CONVOCATORIA: Acto de Jura de los Títulos de Corredentora y Medianera de Todas las Gracias de la Santísima Virgen María



En un tiempo en que la confusión doctrinal y el ruido del mundo intentan entibiar la Fe y apagar la devoción de los cristianos, surge entre nosotros la necesidad —más apremiante que nunca— de proclamar con voz firme y amorosa los privilegios que la Tradición, los santos y la piedad del pueblo fiel han reconocido siempre a la Madre de Dios.

Del mismo modo que nuestros mayores, en las universidades y ciudades de la España barroca, se levantaron para defender y jurar la Inmaculada Concepción, así también nosotros deseamos hoy renovar ese espíritu, convocando públicamente a los hijos de la Iglesia a un acto de filial valentía: la Jura de los Títulos de Corredentora y Medianera de Todas las Gracias de la Santísima Virgen María.

Y conviene recordar, para nuestra edificación y ejemplo, cómo aquel movimiento inmaculista no fue cosa de minorías ni asunto reservado a teólogos, sino un auténtico levantamiento espiritual del pueblo español entero. Desde los puertos de Galicia hasta los campos de Castilla, desde las montañas de Aragón hasta los claustros de Andalucía, ciudades, villas y aldeas competían en fervor por proclamar la pureza de María. Universidades como la de Baeza, Salamanca, Sevilla, Alcalá, Huesca o Valencia inundaban las calles con desfiles solemnes de luces, estandartes y música sacra. Los gremios se unían en profesiones públicas de Fe; los cabildos municipales firmaban actas solemnes; las catedrales celebraban vigilias que duraban toda la noche; los estudiantes imprimían pliegos y salían a cantar por las plazas.

Y este ardor no quedó en la Península: cruzó el océano y prendió en las tierras de América. En Méjico, Lima, Potosí, Puebla, Quito o Bogotá se hicieron juras grandiosas, con procesiones multitudinarias, arquitecturas efímeras, sermones inflamados y juramentos pronunciados a una sola voz por autoridades civiles, religiosas y por el pueblo entero. Aquella marea de amor mariano demostró que España y sus reinos ultramarinos vivían —como una única alma extendida en dos mundos— un mismo fervor por la Madre de Dios. Así queremos hoy, humildemente, imitar a nuestros padres, sabiendo que en la historia de la Hispanidad nunca se separó la Fe del honor debido a María.
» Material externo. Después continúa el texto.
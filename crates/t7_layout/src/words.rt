//! The words of a layout table.

ghost use Rattle.std.specs.Prelude.{◌≡◌};
ghost use Rattle.t7_layout.specs.Texts.{why_text};

use thiserror::Error;

/// The two message sets that a layout table describes.
#[derive(Clone, Copy, Debug, PartialEq, Eq)]
pub enum Family {
    /// Order entry: the Enhanced Trading Interface.
    Eti,
    /// Market data: the Enhanced Order Book Interface.
    Eobi,
}

/// How a field's bytes are read: the data type of a field in the message layout tables.
#[derive(Clone, Copy, Debug, PartialEq, Eq)]
pub enum Kind {
    /// A little-endian number of 1, 2, 4 or 8 bytes.
    Unsigned,
    /// A little-endian number in two's complement, of 1, 2, 4 or 8 bytes.
    Signed,
    /// 1 to 1,024 bytes as they are.
    Raw,
}

/// Why a row is refused. The tests of a row are made in this order, and the first that fails is told.
#[derive(Clone, Copy, Debug, PartialEq, Eq)]
pub enum TableWhy {
    /// It has not eight cells; of the first row, that it is not there or is not the heading.
    Columns,
    /// Its family is neither `ETI` nor `EOBI`.
    Family,
    /// A name, the id, the offset or the width is not spelled as it should be or not in its range.
    Cell,
    /// Its kind is none of `U`, `I` and `X`.
    Kind,
    /// A number has not 1, 2, 4 or 8 bytes.
    Width,
    /// The null is no number of the field's kind and width; or the field is the length or the id of a message, which have none; or a role requires the field, and the null is not the extreme number of its width.
    Null,
    /// It begins a template whose family and id an earlier row has.
    DuplicateId,
    /// It begins a template whose family and name an earlier row has, or its field's name stands earlier in its template.
    DuplicateName,
    /// Its field begins before the end of the one before it.
    Overlap,
    /// Its field begins behind the end of the one before it, or the first field behind the message's first byte.
    Hole,
    /// It is its template's last, and the template's length is no multiple of 8, or over 1,024, or of a market data role over 128.
    Length,
    /// It is its template's last, and the template does not begin with its family's header.
    Header,
    /// It is the last of a role's template, which lacks a required field of the required kind and width.
    RoleField,
    /// No row is wrong, but a role has no template; the row is the one behind the last.
    RoleMissing,
}

impl TableWhy {
    /// The word for it: what a refusal prints.
    pub fn text(self) -> &'static str
        ensures { result.now ≡ why_text self }
    {
        match self {
            TableWhy::Columns => "columns",
            TableWhy::Family => "family",
            TableWhy::Cell => "cell",
            TableWhy::Kind => "kind",
            TableWhy::Width => "width",
            TableWhy::Null => "null",
            TableWhy::DuplicateId => "duplicate id",
            TableWhy::DuplicateName => "duplicate name",
            TableWhy::Overlap => "overlap",
            TableWhy::Hole => "hole",
            TableWhy::Length => "length",
            TableWhy::Header => "header",
            TableWhy::RoleField => "role field",
            TableWhy::RoleMissing => "role missing",
        }
    }
}

/// The first fault of a table that is not valid: that of its least row with a failing test.
#[derive(Clone, Copy, Debug, PartialEq, Eq, Error)]
#[error("row {row}: {text}", text = .why.text())]
pub struct TableFault {
    /// The row of the file, from 1 for the heading; blank lines are no rows.
    pub row: u32,
    /// The first test that it fails.
    pub why: TableWhy,
}
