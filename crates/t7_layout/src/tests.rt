//! The sample table, and tables with a fault.

use super::*;
use std::alloc::{AllocError, Global};
use t7_sample::SAMPLE;

// The sample table with one text in place of another.
fn changed(alloc: Global, from: &str, to: &str) -> Result<Vec<u8>, AllocError> {
    Ok(SAMPLE.replace(alloc, from, to)?.into_bytes())
}

#[test]
fn the_sample_table_is_read(rt: HostRuntime) {
    match Table::read(rt.alloc(), SAMPLE.as_bytes()) {
        Ok(table) => {
            assert_eq!(rt; table.templates().len(), 32);
            assert_eq!(rt; table.role(Role::OrderAdd).id(), 3);
            assert_eq!(rt; table.role(Role::OrderAdd).len(), 48);
            assert_eq!(rt; table.role(Role::EobiHeartbeat).name(), "Heartbeat");
            let price = table.at(Role::NewOrderSingleRequest, FieldName::Price);
            assert_eq!(rt; price.offset(), 32);
            assert_eq!(rt; price.null(), Some(-9223372036854775808));
            assert!(rt; table.template(Family::Eti, 3).is_none());
            let found = table.template(Family::Eobi, 3).and_then(|t| t.role());
            assert_eq!(rt; found, Some(Role::OrderAdd));
            let mut text = Vec::new(rt.alloc());
            assert!(rt; table.text(&mut text).is_ok());
            assert!(rt; text.starts_with(b"ETI 101 LogonRequest 24\nETI 102 LogoutRequest 16\n"));
            assert!(rt; text.ends_with(b"\nEOBI 13 SnapshotOrder 40\n"));
        }
        Err(_) => assert!(rt; false),
    }
}

#[test]
fn a_fault_is_that_of_the_least_row(rt: HostRuntime) {
    for (from, to, row, why) in [
        ("Pad4,20,4,X,", "Pad4,20,4,X", 8, TableWhy::Columns),
        ("ETI,104", "ETB,104", 17, TableWhy::Family),
        ("ETI,103", "ETI,0103", 14, TableWhy::Cell),
        ("quest,Pad2,6,2,X", "quest,Pad2,6,2,F", 4, TableWhy::Kind),
        ("ID,16,4,U", "ID,16,3,U", 7, TableWhy::Width),
        (
            "MsgSeqNum,8,4,U,4294967295",
            "MsgSeqNum,8,4,U,7",
            5,
            TableWhy::Null,
        ),
        (
            "SecurityID,16,8,I,-9223372036854775808",
            "SecurityID,16,8,I,-0",
            23,
            TableWhy::Null,
        ),
        ("ETI,102", "ETI,101", 9, TableWhy::DuplicateId),
        ("LogoutRequest", "LogonRequest", 9, TableWhy::DuplicateName),
        ("ID,16,4,U", "ID,14,4,U", 7, TableWhy::Overlap),
        ("ID,16,4,U", "ID,17,4,U", 7, TableWhy::Hole),
        ("Pad4,20,4,X", "Pad4,20,3,X", 8, TableWhy::Length),
        ("TemplateID,4,2,U", "TemplateId,4,2,U", 8, TableWhy::Header),
        ("PartyIDSessionID", "PartyID", 8, TableWhy::RoleField),
        ("SnapshotOrder", "Snapshot", 229, TableWhy::RoleMissing),
        (SAMPLE, "", 1, TableWhy::Columns),
    ] {
        match changed(rt.alloc(), from, to) {
            Ok(bytes) => match Table::read(rt.alloc(), &bytes) {
                Err(TableRefusal::Fault(fault)) => assert_eq!(rt; fault, TableFault { row, why }),
                _ => assert!(rt; false),
            },
            Err(_) => assert!(rt; false),
        }
    }
}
Como en aquellos días gloriosos en que claustros, hermandades y cabildos universitarios se reunían en torno a la figura de María, así queremos ahora recuperar esa misma llama ardiente. Porque si Ella, al pie de la Cruz, se unió de modo singular al sacrificio redentor de Cristo, con razón y piedad la confesamos Corredentora; y si de su mano materna proceden —por voluntad divina— todos los bienes espirituales que nos alcanzan, con plena voz la veneramos como Medianera de Todas las Gracias, canal escogido por Dios para derramar sobre los hombres los dones de la salvación.

Por ello, se invita a todos los fieles, familias, cofradías, asociaciones, jóvenes y devotos a participar en el Solemne Acto de Jura. Será un momento de gracia, de Fe viva y de Sagrada Tradición. El acto comenzará con una explicación doctrinal sobre la corredención y mediación universal de María, recordando la enseñanza constante de la Iglesia, la voz de santos y doctores, y el sentir inequívoco del pueblo cristiano.

A ello seguirá la recitación del Stabat Mater, donde se contempla a Nuestra Señora en el Calvario junto a su Divino Hijo, único Mediador en sentido estricto, pero que quiso servirse de su Madre como instrumento privilegiado de su misericordia.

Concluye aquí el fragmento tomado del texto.